The tutorial initializes with a virtual absorption filter set to a wavelength pass band of 130 nanometers using the Bandwidth slider. The filter bandwidth size can be varied between 1 and 200 nanometers to demonstrate the wide spectrum of absorption filters commercially available for optical microscopy. Beneath the sliders is a graph of the filter characteristics that displays filter transmission percentage as a function of wavelength and calculates the center wavelength (CWL) and full width at half maximum (FWHM) for all of the bandpass filters in this tutorial. Filter neutral density can be adjusted from zero to 100 percent with the Transmission slider. As this slider is translated to higher densities (lower transmission values), the intensity of light passing through the filter diminishes and the bandpass peak on the graph is reduced in amplitude. The Filter Wavelength Maximum slider is utilized to adjust the bandpass center (center wavelength; CWL) of the virtual filter. As this slider is translated, the center wavelength can be varied between 350 and 750 nanometers, which is reflected by relocation of the curve in the graph presented in the lower portion of the tutorial window. The filter drawing in the upper portion of the tutorial simulates the spectrum of visible of light passing through the virtual absorption filter.

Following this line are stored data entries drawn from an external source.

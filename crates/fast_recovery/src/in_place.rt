//! Where records of the log may stand.
ghost use Rattle.std.specs.Prelude.{◌≡◌, ◌≤◌, ℕ, length};
ghost use Rattle.ids_base.specs.RowBytes.{HasRowLength};
ghost use Rattle.ids_base.specs.RowIds.{row_number};
ghost use Rattle.log_records.specs.Viewed.{change_entry, view_entry};
ghost use Rattle.fast_recovery.specs.InPlace.{in_place, is_there, is_table_number, is_page_of, may_be_page_of, may_put, may_be};

use crate::owner::Owner;
use crate::replay::Replay;
use ids_base::numbers::TableNo;
use ids_base::row_id::{RowId, slots_per_page};
use log_records::change::ChangeView;
use log_records::view::RecordView;

/// Whether a record is in its place among the pages from 1 to this many, after what was replayed. Logarithmic time.
pub(crate) fn is_in_place(replay: &Replay, pages: u32, view: &RecordView) -> bool
    ensures { result ≡ in_place pages replay.now.own (view_entry view.now) }
{
    match view {
        RecordView::Begin { .. }
        | RecordView::Commit { .. }
        | RecordView::Rollback { .. }
        | RecordView::Ckpoint { .. } => true,
        RecordView::Change { change, .. } => is_change_in_place(replay, pages, change),
    }
}

// Whether a change is.
fn is_change_in_place(replay: &Replay, pages: u32, change: &ChangeView) -> bool
    ensures { (tx : ℕ) → result ≡ in_place pages replay.now.own (change_entry tx change.now) }
{
    let table = change.table;
    let row = change.row;
    match (change.before, change.after) {
        (None, Some(after)) => may_put(replay, pages, table, row, after),
        (Some(before), None) | (Some(before), Some(_)) => may_be(replay, pages, table, row, before),
        (None, None) => unreachable!(),
    }
}

// Whether a row of a table may be put into a slot.
fn may_put(replay: &Replay, pages: u32, table: TableNo, row: RowId, bytes: &[u8]) -> bool
    requires { HasRowLength bytes.now }
    ensures { result ≡ may_put pages replay.now.own table (row_number row.page row.slot) (length bytes.now) }
{
    let size = bytes.len() as u16;
    is_table_number(table)
        && is_there(pages, row, size)
        && may_be_page_of(replay.owner_at(row.page), table, size)
}

// Whether a row of a table may be in a slot.
fn may_be(replay: &Replay, pages: u32, table: TableNo, row: RowId, bytes: &[u8]) -> bool
    requires { HasRowLength bytes.now }
    ensures { result ≡ may_be pages replay.now.own table (row_number row.page row.slot) (length bytes.now) }
{
    let size = bytes.len() as u16;
    is_there(pages, row, size) && is_page_of(replay.owner_at(row.page), table, size)
}

// Whether a page and a slot are there, where rows have so many bytes.
fn is_there(pages: u32, row: RowId, size: u16) -> bool
    requires some { 1 ≤ size }
    requires few { size ≤ 800 }
    ensures { result ≡ is_there pages (row_number row.page row.slot) size }
{
    1 <= row.page && row.page <= pages && 1 <= row.slot && row.slot <= slots_per_page(size)
}

// Whether the catalogue or another table can have this number.
fn is_table_number(table: TableNo) -> bool
    ensures { result ≡ is_table_number table }
{
    table == 1 || table >= 100
}

// Whether a page with this owner is one of the table with rows of this length.
fn is_page_of(owner: Option<Owner>, table: TableNo, size: u16) -> bool
    ensures { result ≡ is_page_of owner table size }
{
    match owner {
        None => false,
        Some(owner) => owner.table == table && owner.row_length == size,
    }
}

// Whether it is, or has no owner.
fn may_be_page_of(owner: Option<Owner>, table: TableNo, size: u16) -> bool
    ensures { result ≡ may_be_page_of owner table size }
{
    owner.is_none() || is_page_of(owner, table, size)
}
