//! The numbers of tables.
ghost use Rattle.std.specs.Prelude.{◌≡◌, OnOk, OnErr};
ghost use Rattle.std.specs.FinMap as map;

use ids_base::memory::Memory;
use ids_base::name::Name;
use ids_base::numbers::TableNo;
use std::alloc::Global;
use std::collections::BTreeMap;
use std::marker::Model;

/// The number of each table, by name. Contracts see the finite map.
#[derive(Drop)]
pub struct TableNumbers {
    numbers: BTreeMap<Name, TableNo>,
}

impl Model for TableNumbers {
    ghost use Rattle.std.specs.FinMap as map;
    ghost use Rattle.fast_recovery.specs.Codes.{coded_numbers};
    ghost use Rattle.fast_recovery.specs.Found.{Numbers};

    ghost Value = { Numbers };

    ghost coded = { coded_numbers };

    ghost view = { λ a. map.from_entries a.numbers.entries };
}

impl TableNumbers {
    /// No table has a number. Takes no memory.
    pub fn new(alloc: Global) -> TableNumbers
        ensures { result ≡ map.empty }
    {
        TableNumbers {
            numbers: BTreeMap::new(alloc),
        }
    }

    /// The number of a table, if it has one, in logarithmic time.
    pub fn get(&self, name: &Name) -> Option<TableNo>
        ensures { result ≡ map.get self.now name.now }
    {
        self.numbers.get(name).copied()
    }

    /// Gives a table its number, in logarithmic time.
    pub fn set(&mut self, name: Name, number: TableNo) -> Result<(), Memory>
        ensures ok { OnOk result (self.new ≡ map.insert self.old name number) }
        ensures err { OnErr result (self.new ≡ self.old) }
    {
        self.numbers.insert(name, number)?;
        Ok(())
    }
}
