//! Fast recovery: what the records of the log make of pages and rows.
//!
//! Read in this order: the parts, which are the owners of pages, the rows in slots and the standing changes; the replay of a
//! log, which has all three; the tables that pages and rows stand for, which are found by the rows of the catalogue first and
//! the other rows after them; opening, which replays the log of a disk, where each record is in order and in its place,
//! and transactions are numbered rising; and `log_laws`, what is kept of the records that are appended from there on.
#![tactic(auto)]

mod catalogue;
#[cfg(test)]
mod damage_tests;
mod fault;
mod in_place;
pub mod laws;
pub mod log_laws;
mod names;
mod numbers;
pub mod opening;
#[cfg(test)]
mod opening_tests;
pub mod owner;
mod owners;
mod past;
pub mod replay;
mod roll_forward;
mod rows;
mod slots;
mod standing;
pub mod tables;
#[cfg(test)]
mod tests;

pub use fault::OpenFault;
pub use numbers::TableNumbers;
pub use standing::TxChange;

Absorption filters are the most widely utilized type of filter in fluorescence and other modes of optical microscopy, especially yellow and orange sharp-cutoff filters and black glasses that transmit ultraviolet and block most of the visible wavelengths. These filters operate by attenuation of light through absorption of specific wavelengths, so that spectral performance is a function of the physical thickness of the filter and the amount of dye present in the glass or gelatin matrix.
Among the advantages of absorption filters made from glass are the relatively low cost, high stability, and independence of spectral characteristics on the incident angle of light entering the filter. Chief disadvantages are the limited selection of glasses available for filter applications, poor slope performance and low peak transmittance of bandpass filters, a dependence of spectral performance on filter thickness, and autofluorescence of some glass formulations.